#### TASK TO COMPLETE:
Lines holding the word "left" must be located in the listing below and copied.

[[ RECORD EXCERPTS, beginning ]]

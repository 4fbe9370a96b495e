//! Telling what the log of a copy holds.

use crate::look::{frames_seen, kept_sums};
use crate::scan::ScanFault;
use crate::sums::{Sums, sums_of};
use reasons::escaped;
use std::alloc::{AllocError, Global};
use std::fmt::Display;
use std::fs::File;
use std::io::Write;
use std::rt::Files;
use std::{fmt, fs, io};
use sum::Table;
use translog::{LogFault, MemDevice, Torn, Translog};

/// Why not each file could be read, or not each is a log.
#[derive(Debug, Drop)]
pub enum InspectFault {
    /// A file, and why it can't be read.
    Read(String, io::Error),
    Output(io::Error),
    /// How many files are no log of a copy, of how many.
    NoLogs(usize, usize),
    NoMemory,
}

impl Display for InspectFault {
    fn fmt<W: fmt::Write>(&self, f: &mut fmt::Formatter<W>) -> fmt::Result {
        match self {
            InspectFault::Read(file, error) => write!(f, "{file}: {error}"),
            InspectFault::Output(error) => write!(f, "the output can't be written: {error}"),
            InspectFault::NoLogs(others, all) => {
                write!(f, "{others} of {all} files are no whole log of a copy")
            }
            InspectFault::NoMemory => write!(f, "out of memory"),
        }
    }
}

impl From<AllocError> for InspectFault {
    fn from(_refused: AllocError) -> InspectFault {
        InspectFault::NoMemory
    }
}

impl From<io::Error> for InspectFault {
    fn from(error: io::Error) -> InspectFault {
        InspectFault::Output(error)
    }
}

/// Writes for each of these files what it holds as the log of a copy, on a line of its own. The files stay as they are.
pub fn inspect<R: Files<File = File> + AllocGlobal, O: Write>(
    rt: &R,
    files: &[String],
    output: &mut O,
) -> Result<(), InspectFault> {
    let mut others: usize = 0;
    for file in files {
        let sums = sums_beside(rt, file.as_str())?;
        let bytes = match bytes_of(rt, file.as_str()) {
            Ok(bytes) => bytes,
            Err(fault) => {
                let _ = output.flush();
                return Err(fault);
            }
        };
        if !tell(rt.alloc(), bytes, sums.as_slice(), output)? {
            others = others.saturating_add(1);
        }
    }
    output.flush()?;
    if others > 0 {
        return Err(InspectFault::NoLogs(others, files.len()));
    }
    Ok(())
}

fn bytes_of<R: Files + AllocGlobal>(rt: &R, file: &str) -> Result<Vec<u8>, InspectFault> {
    match fs::read(rt, file) {
        Ok(bytes) => Ok(bytes),
        Err(error) => Err(InspectFault::Read(escaped(rt.alloc(), file)?, error)),
    }
}

/// The sums that are kept next to a log; none where the file isn't named as a log.
fn sums_beside<R: Files<File = File> + AllocGlobal>(
    rt: &R,
    file: &str,
) -> Result<Vec<u8>, InspectFault> {
    match file.strip_suffix(".rsx") {
        Some(name) => {
            let path = format!(in rt.alloc(); "{name}.sum")?;
            Ok(kept_sums(rt, path.as_str()))
        }
        None => Ok(Vec::new(rt.alloc())),
    }
}

/// Writes what a log of these bytes holds, of which these sums were kept, and reports whether they are a whole one.
fn tell<O: Write>(
    alloc: Global,
    bytes: Vec<u8>,
    sums: &[u8],
    output: &mut O,
) -> Result<bool, InspectFault> {
    let told = match sums_of(alloc, &Table::new(), bytes.as_slice(), sums) {
        Ok(sums) => told_of(alloc, bytes, sums),
        Err(fault) => Err(ToldFault::Scan(fault)),
    };
    match told {
        Ok((count, torn)) => {
            tell_records(count, torn, output)?;
            return Ok(true);
        }
        Err(ToldFault::Scan(ScanFault::NoMemory)) | Err(ToldFault::Log(LogFault::NoMemory)) => {
            return Err(InspectFault::NoMemory);
        }
        Err(ToldFault::Scan(ScanFault::Damage(damage))) => writeln!(output, "{damage}")?,
        Err(ToldFault::Log(fault)) => writeln!(output, "{fault}")?,
    }
    Ok(false)
}

/// Why a log isn't whole.
#[derive(Debug, Drop)]
enum ToldFault {
    Log(LogFault),
    Scan(ScanFault),
}

/// How many records a log has that has these sums, and what is torn of it.
fn told_of(alloc: Global, bytes: Vec<u8>, sums: Sums) -> Result<(usize, Torn), ToldFault> {
    let mut log = Translog::over(MemDevice::new(bytes));
    let (count, torn) = match log.read(alloc) {
        Ok((records, torn)) => {
            let count = records.len();
            drop(records);
            (count, torn)
        }
        Err(fault) => return Err(ToldFault::Log(fault)),
    };
    match frames_seen(alloc, log.device().bytes(), sums) {
        Ok(seen) => {
            drop(seen);
            Ok((count, torn))
        }
        Err(fault) => Err(ToldFault::Scan(fault)),
    }
}

/// Writes how many records a log has, and where its end is torn. Of a torn header nothing is left.
fn tell_records<O: Write>(count: usize, torn: Torn, output: &mut O) -> io::Result<()> {
    match torn {
        Torn::Nothing => writeln!(output, "records {count}"),
        Torn::End(whole) => writeln!(output, "records {count}, torn at byte {whole}"),
        Torn::Header => writeln!(output, "records {count}, torn at byte 0"),
    }
}
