//! What is whole of a damaged log.
ghost use Rattle.std.specs.Prelude.{◌≡◌, All, IfOk, OnOk};
ghost use Rattle.op.specs.Records.{IsRecord};

use crate::numbers::{Numbers, Reach};
use crate::scan::first_frame;
use crate::sums::{BLOCK, changed_blocks};
use crate::tearing::{content_at, is_record};
use op::{OpFault, Record, decode_frame};
use std::alloc::{AllocError, Global};
use sum::Table;

/// How many bytes a log has before its first frame, and a frame before its content.
const FRONT: usize = 4;

/// How many bytes a frame of an operation has at least.
const LEAST_FRAME: usize = 41;

/// The content of a frame that has no record.
const UPGRADE: &[u8] = &[5];

/// Bytes of a log that are no whole records.
#[derive(Clone, Copy, Debug, PartialEq, Eq)]
pub(crate) struct Gap {
    pub(crate) offset: usize,
    pub(crate) bytes: usize,
}

/// The records of a log's whole frames, and what stands between them.
#[derive(Drop)]
pub(crate) struct Salvaged {
    pub(crate) records: Vec<Record>,
    pub(crate) gaps: Vec<Gap>,
}

/// A damaged log, which is read from left to right.
#[derive(Drop)]
struct Salvage<'a> {
    alloc: Global,
    log: &'a [u8],
    /// The blocks that have another sum than the one that was kept.
    changed: Vec<usize>,
    numbers: Numbers,
    at: usize,
    salvaged: Salvaged,
}

/// What is whole of a log, of which these sums were kept.
pub(crate) fn salvage_of(
    alloc: Global,
    table: &Table,
    log: &[u8],
    kept: &[u8],
) -> Result<Salvaged, AllocError>
    ensures { IfOk result (λ s. All IsRecord s.records.items) }
{
    let mut salvage = Salvage {
        alloc,
        log,
        changed: changed_blocks(alloc, table, log, kept)?,
        numbers: Numbers::new(),
        at: FRONT,
        salvaged: Salvaged {
            records: Vec::new(alloc),
            gaps: Vec::new(alloc),
        },
    };
    for _ in 0..log.len() {
        if salvage.at >= log.len() {
            break;
        }
        salvage.go_on()?;
    }
    let Salvage { salvaged, .. } = salvage;
    Ok(salvaged)
}

impl<'a> Salvage<'a> {
    /// Takes the next frame, or passes over what stands before the next whole one.
    fn go_on(&mut self) -> Result<(), AllocError>
        requires { All IsRecord self.old.salvaged.records.items }
        ensures { OnOk result (All IsRecord self.new.salvaged.records.items) }
    {
        let content = match self.log.get(self.at..) {
            Some(rest) => first_frame(rest).map(|frame| frame.0),
            None => None,
        };
        if let Some(content) = content {
            if self.take(content)? {
                return Ok(());
            }
        }
        self.pass()
    }

    /// Takes the frame of a content, where it is whole, and says whether it is.
    fn take(&mut self, content: &[u8]) -> Result<bool, AllocError>
        requires { All IsRecord self.old.salvaged.records.items }
        ensures { OnOk result (All IsRecord self.new.salvaged.records.items) }
    {
        let at = self.at;
        let end = at.saturating_add(FRONT).saturating_add(content.len());
        if self.is_changed(at, end) {
            return Ok(false);
        }
        let mut numbers = self.numbers;
        if numbers.take(content) != Some(Reach::Near) {
            return Ok(false);
        }
        if !self.add(content)? {
            return Ok(false);
        }
        self.numbers = numbers;
        self.at = end;
        Ok(true)
    }

    /// Adds the records of a content, and says whether it is that of a frame.
    #[tactic(auto, using(crate::proofs::Frames::with_frame))]
    fn add(&mut self, content: &[u8]) -> Result<bool, AllocError>
        requires { All IsRecord self.old.salvaged.records.items }
        ensures { OnOk result (All IsRecord self.new.salvaged.records.items) }
    {
        match decode_frame(self.alloc, content) {
            Ok(records) => {
                let mut records = records;
                self.salvaged.records.append(&mut records)?;
                Ok(true)
            }
            Err(OpFault::NoMemory) => Err(AllocError),
            Err(_) => Ok(content == UPGRADE),
        }
    }

    /// Passes over the bytes before the next whole frame.
    fn pass(&mut self) -> Result<(), AllocError>
        ensures { self.new.salvaged.records ≡ self.old.salvaged.records }
    {
        let next = self.next_frame()?;
        let gap = Gap {
            offset: self.at,
            bytes: next.saturating_sub(self.at),
        };
        self.numbers.pass((gap.bytes / LEAST_FRAME) as u64);
        self.at = next;
        self.salvaged.gaps.push(gap)?;
        Ok(())
    }

    /// Where the next whole frame begins; the end where there is none.
    fn next_frame(&self) -> Result<usize, AllocError> {
        for at in self.at.saturating_add(1)..self.log.len() {
            if let Some(content) = content_at(self.log, at) {
                let end = at.saturating_add(FRONT).saturating_add(content.len());
                if !self.is_changed(at, end) && is_record(self.alloc, content)? {
                    return Ok(at);
                }
            }
        }
        Ok(self.log.len())
    }

    /// Whether bytes stand in a block that has another sum.
    fn is_changed(&self, begin: usize, end: usize) -> bool {
        let first = begin / BLOCK;
        let last = end.saturating_sub(1) / BLOCK;
        self.changed
            .iter()
            .any(|block| *block >= first && *block <= last)
    }
}
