//! What is looked at before the log of a copy is opened: its sums, its frames' numbers, and its end.

use crate::damage::Damage;
use crate::scan::{End, ScanFault, scanned};
use crate::summed::{GrowingSums, SumFaults, Summed};
use crate::sums::{BLOCK, Sums, sums_of};
use private_file::{check_plain, create, open_to_append};
use std::alloc::{AllocError, Global};
use std::fmt::Display;
use std::fs::{File, OpenFile};
use std::io::{ErrorKind, Write};
use std::rt::Files;
use std::sync::Arc;
use std::{fmt, fs, io};
use sum::Table;
use translog::{FileDevice, LogDevice};

/// The log of a copy in its file, or that of the master, of which no sums are kept.
pub type LogFile = Summed<FileDevice<File>, File>;

/// The end that a crash has torn off a copy's log. It is kept in a file of its own.
#[derive(Clone, Copy, Debug, PartialEq, Eq)]
pub struct TornEnd {
    pub copy: u32,
    pub offset: u64,
    pub bytes: u64,
}

impl Display for TornEnd {
    fn fmt<W: fmt::Write>(&self, f: &mut fmt::Formatter<W>) -> fmt::Result {
        let TornEnd {
            copy,
            offset,
            bytes,
        } = *self;
        write!(
            f,
            "copy-{copy}.rsx: {bytes} torn bytes at offset {offset} are cut off; copy-{copy}.torn-{offset} has them"
        )
    }
}

/// Why the log of a copy isn't opened.
#[derive(Debug, Drop)]
pub enum LookFault {
    Damage(Damage),
    /// What is torn at this offset can't be kept.
    TornEnd(u64, io::Error),
    NoMemory,
}

impl From<AllocError> for LookFault {
    fn from(_refused: AllocError) -> LookFault {
        LookFault::NoMemory
    }
}

impl From<ScanFault> for LookFault {
    fn from(fault: ScanFault) -> LookFault {
        match fault {
            ScanFault::Damage(damage) => LookFault::Damage(damage),
            ScanFault::NoMemory => LookFault::NoMemory,
        }
    }
}

/// What was seen of a log: what stands behind its whole frames, and the sums of its blocks.
#[derive(Drop)]
pub(crate) struct Seen {
    pub(crate) end: End,
    pub(crate) sums: Sums,
}

/// Looks through a log, of which these sums were kept.
pub(crate) fn see(
    alloc: Global,
    table: &Table,
    log: &[u8],
    kept: &[u8],
) -> Result<Seen, ScanFault> {
    let sums = sums_of(alloc, table, log, kept)?;
    frames_seen(alloc, log, sums)
}

/// Looks through the frames of a log that has these sums.
pub(crate) fn frames_seen(alloc: Global, log: &[u8], sums: Sums) -> Result<Seen, ScanFault> {
    let mut sums = sums;
    let end = scanned(alloc, log)?;
    if let End::Torn(offset) = end {
        let blocks = offset / BLOCK;
        if blocks < sums.kept {
            return Err(ScanFault::Damage(Damage::Torn(offset as u64)));
        }
        sums.made.truncate(blocks.saturating_sub(sums.kept));
    }
    Ok(Seen { end, sums })
}

/// The path of the file of a copy's sums, next to its log.
pub(crate) fn sums_path(alloc: Global, folder: &str, copy: u32) -> Result<String, AllocError> {
    format!(in alloc; "{folder}/copy-{copy}.sum")
}

/// What a file of sums has; nothing where there is none, or none that can be read.
pub(crate) fn kept_sums<R: Files<File = File> + AllocGlobal>(rt: &R, path: &str) -> Vec<u8> {
    let read = check_plain(rt, path).and_then(|()| fs::read(rt, path));
    match read {
        Ok(kept) => kept,
        Err(_) => Vec::new(rt.alloc()),
    }
}

/// Looks through the log that a copy's device holds, before it is opened. A torn end is kept in a file of its own. From then on the sums of the log are kept.
pub fn looked_through<R: Files<File = File> + AllocGlobal>(
    rt: &R,
    folder: &str,
    copy: u32,
    device: FileDevice<File>,
    faults: &Arc<SumFaults, Global>,
) -> Result<(LogFile, Option<TornEnd>), LookFault> {
    let alloc = rt.alloc();
    let path = sums_path(alloc, folder, copy)?;
    let kept = kept_sums(rt, path.as_str());
    let table = Table::new();
    let (seen, torn) = match device.whole() {
        Some(log) => seen_and_kept(rt, folder, copy, &table, log, kept.as_slice())?,
        None => {
            let held = device.held(alloc)?;
            seen_and_kept(rt, folder, copy, &table, held.as_slice(), kept.as_slice())?
        }
    };
    let Seen { end, sums } = seen;
    if end == End::Unread {
        return Ok((Summed::without(device), None));
    }
    let faults = Arc::try_clone(faults)?;
    match open_to_append(rt, path.as_str()) {
        Ok(file) => {
            let growing = GrowingSums::new(file, copy, faults, table, sums);
            Ok((Summed::with(device, growing), torn))
        }
        Err(_) => {
            faults.note(copy);
            Ok((Summed::without(device), torn))
        }
    }
}

/// Looks through a log, and keeps its end where that is torn.
fn seen_and_kept<R: Files<File = File> + AllocGlobal>(
    rt: &R,
    folder: &str,
    copy: u32,
    table: &Table,
    log: &[u8],
    kept: &[u8],
) -> Result<(Seen, Option<TornEnd>), LookFault> {
    let seen = see(rt.alloc(), table, log, kept)?;
    let End::Torn(offset) = seen.end else {
        return Ok((seen, None));
    };
    let torn = TornEnd {
        copy,
        offset: offset as u64,
        bytes: log.len().saturating_sub(offset) as u64,
    };
    match keep_end(rt, folder, torn, log.get(offset..).unwrap_or(&[])) {
        Ok(()) => Ok((seen, Some(torn))),
        Err(error) => Err(LookFault::TornEnd(torn.offset, error)),
    }
}

/// Keeps a torn end in a file of its own, and waits until that is on the disk.
fn keep_end<R: Files<File = File> + AllocGlobal>(
    rt: &R,
    folder: &str,
    torn: TornEnd,
    bytes: &[u8],
) -> io::Result<()> {
    let TornEnd { copy, offset, .. } = torn;
    let path = format!(in rt.alloc(); "{folder}/copy-{copy}.torn-{offset}")?;
    let mut file = create(rt, path.as_str())?;
    file.write_all(bytes)?;
    file.sync_all()?;
    fs::open(rt, folder)?.sync_all()
}
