impl<'a, R: Files<File = File> + AllocGlobal> Folder<'a, R> {
    fn path_of(&self, name: &str) -> Result<String, AllocError> {
        let path = self.path;
        format!(in self.rt.alloc(); "{path}/{name}")
    }

    /// The records of a copy.
    fn records(&self, copy: u32, wanted: Wanted) -> Result<Salvaged, DataFault>
        ensures { IfOk result (λ s. All IsRecord s.records.items) }
    {
        // The sums come first: of a log that a server writes there are never more.
        let sums = self.sums(copy)?;
        let device = self.kept_device(copy)?;
        match wanted {
            Wanted::Whole => self.whole_records(copy, device, sums.as_slice()),
            Wanted::Salvage => Ok(salvage_of(
                self.rt.alloc(),
                &Table::new(),
                device.bytes(),
                sums.as_slice(),
            )?),
        }
    }

    /// The records of a copy's log that isn't damaged.
    fn whole_records(
        &self,
        copy: u32,
        device: MemDevice,
        sums: &[u8],
    ) -> Result<Salvaged, DataFault>
        ensures { IfOk result (λ s. All IsRecord s.records.items) }
    {
        let alloc = self.rt.alloc();
        let sums = match sums_of(alloc, &Table::new(), device.bytes(), sums) {
            Ok(sums) => sums,
            Err(fault) => return Err(of_look(copy, LookFault::from(fault))),
        };
        let mut log = Translog::over(device);
        let records = match log.read(alloc) {
            Ok((records, _torn)) => records,
            Err(LogFault::NoMemory) => return Err(DataFault::NoMemory),
            Err(fault) => return Err(DataFault::Copy(copy, CopyFault::Log(fault))),
        };
        match frames_seen(alloc, log.device().bytes(), sums) {
            Ok(seen) => {
                drop(seen);
                Ok(Salvaged {
                    records,
                    gaps: Vec::new(alloc),
                })
            }
            Err(fault) => {
                drop(records);
                Err(of_look(copy, LookFault::from(fault)))
            }
        }
    }

    /// Makes the folder where it is missing.
    fn make(&self) -> Result<(), DataFault> {
        match fs::exists(self.rt, self.path) {
            Ok(true) => Ok(()),
            Ok(false) => create_folder(self.rt, self.path).map_err(DataFault::Folder),
            Err(error) => Err(DataFault::Folder(error)),
        }
    }

    /// Locks the folder for this process.
    fn lock(&self) -> Result<File, DataFault> {
        let path = self.path_of(LOCK)?;
        match open_to_write(self.rt, path.as_str()) {
            Ok(file) => locked(LOCK, file),
            Err(error) => Err(file_fault(LOCK, error)),
        }
    }

    fn has(&self, name: &'static str) -> Result<bool, DataFault> {
        let path = self.path_of(name)?;
        match fs::exists(self.rt, path.as_str()) {
            Ok(found) => Ok(found),
            Err(error) => Err(DataFault::File(name, error)),
        }
    }

    /// The mapping of the index: the kept one, which one that is handed in has to be, or that of a new index, which is kept first.
    fn mapping(&self, given: Option<&MappingFile>) -> Result<Mapping, DataFault> {
        if self.has(MAPPING)? {
            return self.kept_mapping(given);
        }
        if self.has(MASTER)? || self.has(COPY)? {
            return Err(DataFault::Missing(MAPPING));
        }
        let alloc = self.rt.alloc();
        let Some(given) = given else {
            self.keep_mapping("{}\n")?;
            return self.kept_mapping(None);
        };
        let mapping = Mapping::from_value(alloc, &given.value).map_err(refused)?;
        self.keep_mapping(given.text.as_str())?;
        Ok(mapping)
    }

    fn kept_mapping(&self, given: Option<&MappingFile>) -> Result<Mapping, DataFault> {
        let alloc = self.rt.alloc();
        let kept = self.mapping_file()?;
        if let Some(given) = given {
            if given.value != kept.value {
                let difference = difference(alloc, kept.text.as_str(), given.text.as_str())?;
                return Err(DataFault::OtherMapping(difference));
            }
        }
        Mapping::from_value(alloc, &kept.value).map_err(refused)
    }

    /// The mapping that is kept.
    fn mapping_file(&self) -> Result<MappingFile, DataFault> {
        let text = self.text(MAPPING)?;
        Ok(MappingFile::read(self.rt.alloc(), text)?)
    }

    fn text(&self, name: &'static str) -> Result<String, DataFault> {
        let path = self.path_of(name)?;
        self.check_file(name, path.as_str())?;
        let mut text = String::new(self.rt.alloc());
        let read = match fs::open(self.rt, path.as_str()) {
            Ok(mut file) => file.read_to_string(&mut text),
            Err(error) => Err(error),
        };
        match read {
            Ok(_) => Ok(text),
            Err(error) => Err(DataFault::File(name, error)),
        }
    }

    /// Refuses to read what isn't a file: a FIFO keeps its reader waiting.
    fn check_file(&self, name: &'static str, path: &str) -> Result<(), DataFault> {
        match fs::metadata(self.rt, path) {
            Ok(found) => if found.is_file() {
                Ok(())
            } else {
                Err(DataFault::NotPlain(name))
            },
            Err(error) => Err(DataFault::File(name, error)),
        }
    }

    /// Writes the mapping of a new index so that it is there whole or not at all.
    fn keep_mapping(&self, text: &str) -> Result<(), DataFault> {
        let written = self.path_of(MAPPING_WRITTEN)?;
        let path = self.path_of(MAPPING)?;
        if let Err(error) = write_synced(self.rt, written.as_str(), text) {
            return Err(file_fault(MAPPING_WRITTEN, error));
        }
        match fs::rename(self.rt, written.as_str(), path.as_str()) {
            Ok(()) => self.sync(),
            Err(error) => Err(DataFault::File(MAPPING, error)),
        }
    }

    /// Waits until the names of the folder's files are on the disk, and its own.
    fn sync(&self) -> Result<(), DataFault> {
        let above = self.path_of("..")?;
        for path in [self.path, above.as_str()] {
            let synced = match fs::open(self.rt, path) {
                Ok(opened) => opened.sync_all(),
                Err(error) => Err(error),
            };
            synced.map_err(DataFault::Folder)?;
        }
        Ok(())
    }

    /// The path of a copy's log.
    fn copy_path(&self, copy: u32) -> Result<String, AllocError> {
        let path = self.path;
        format!(in self.rt.alloc(); "{path}/copy-{copy}.rsx")
    }

    /// Where the master's log is missing no copy of a new index has a log with records.
    fn check_master(&self) -> Result<(), DataFault> {
        if self.has(MASTER)? {
            return Ok(());
        }
        for copy in 1..=MOST_COPIES {
            let path = self.copy_path(copy)?;
            if let Ok(found) = fs::metadata(self.rt, path.as_str()) {
                if found.len() > HEADER as u64 {
                    return Err(DataFault::Missing(MASTER));
                }
            }
        }
        Ok(())
    }

    /// The copy that led last, as the master's log has it.
    fn primary(&self) -> Result<u32, DataFault> {
        Ok(self.master()?.state().primary)
    }

    /// Whether the index has, or has had, more than one copy.
    fn has_several(&self) -> Result<bool, DataFault> {
        Ok(self.master()?.state().next != 2)
    }

    /// The master, as its log has it, and that of a new index where there is none; nothing of the log changes.
    fn master(&self) -> Result<Master<MemDevice>, DataFault> {
        let alloc = self.rt.alloc();
        let bytes = self.master_bytes()?;
        match Master::begin(alloc, 1, MemDevice::new(bytes)) {
            Ok(master) => Ok(master),
            Err(refused) => Err(DataFault::Master(refused.into_fault())),
        }
    }

    /// The bytes of the master's log; none where it is missing.
    fn master_bytes(&self) -> Result<Vec<u8>, DataFault> {
        let alloc = self.rt.alloc();
        if !self.has(MASTER)? {
            return Ok(Vec::new(alloc));
        }
        let path = self.path_of(MASTER)?;
        self.check_file(MASTER, path.as_str())?;
        let mut bytes = Vec::new(alloc);
        let read = match fs::open(self.rt, path.as_str()) {
            Ok(mut file) => file.read_to_end(&mut bytes),
            Err(error) => Err(error),
        };
        match read {
            Ok(_) => Ok(bytes),
            Err(error) => Err(DataFault::File(MASTER, error)),
        }
    }

    /// What the log of a copy holds that is there. Nothing is written for it.
    fn kept_device(&self, copy: u32) -> Result<MemDevice, DataFault> {
        let path = self.copy_path(copy)?;
        let mut bytes = Vec::new(self.rt.alloc());
        let opened = check_plain(self.rt, path.as_str()).and_then(|()| fs::open(
            self.rt,
            path.as_str(),
        ));
        let read = match opened {
            Ok(file) => {
                let mut file = file;
                file.read_to_end(&mut bytes)
            }
            Err(error) => Err(error),
        };
        match read {
            Ok(_) => Ok(MemDevice::new(bytes)),
            Err(error) => Err(DataFault::CopyFile(copy, error)),
        }
    }

    /// The sums that are kept of a copy's log.
    fn sums(&self, copy: u32) -> Result<Vec<u8>, AllocError> {
        let path = sums_path(self.rt.alloc(), self.path, copy)?;
        Ok(kept_sums(self.rt, path.as_str()))
    }

    /// The device of a log, which is made where it is missing.
    fn device(&self, name: &'static str) -> Result<FileDevice<File>, DataFault> {
        let path = self.path_of(name)?;
        let file = match open_to_append(self.rt, path.as_str()) {
            Ok(file) => locked(name, file)?,
            Err(error) => return Err(file_fault(name, error)),
        };
        match FileDevice::open(self.rt.alloc(), file) {
            Ok(device) => Ok(device),
            Err(error) => Err(DataFault::File(name, error)),
        }
    }

    /// Whether nobody else has the master's log, where there is one. Its file is missed where it is removed, as the file `lock` isn't.
    fn check_unlocked(&self) -> Result<(), DataFault> {
        if !self.has(MASTER)? {
            return Ok(());
        }
        let path = self.path_of(MASTER)?;
        match open_to_append(self.rt, path.as_str()) {
            Ok(file) => {
                drop(locked(MASTER, file)?);
                Ok(())
            }
            Err(error) => Err(file_fault(MASTER, error)),
        }
    }

    /// The devices of the copy's log and of the master's. A new index gets the copy's first, and its name is on the disk before the master's is made;
    /// so where the master's is there, both are, whatever a crash takes.
    fn devices(&self) -> Result<(FileDevice<File>, FileDevice<File>), DataFault> {
        let had_master = self.has(MASTER)?;
        if had_master && !self.has(COPY)? {
            return Err(DataFault::Missing(COPY));
        }
        let copy = self.device(COPY)?;
        if !had_master {
            if copy.len() > HEADER {
                return Err(DataFault::Missing(MASTER));
            }
            self.sync()?;
        }
        let master = self.device(MASTER)?;
        self.sync()?;
        Ok((copy, master))
    }
}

[[ RECORD EXCERPTS, end ]]

#### RESPONSE AREA:
/// Writes how many records a log has, and where its end is torn. Of a torn header nothing is left.
/// A damaged log, which is read from left to right.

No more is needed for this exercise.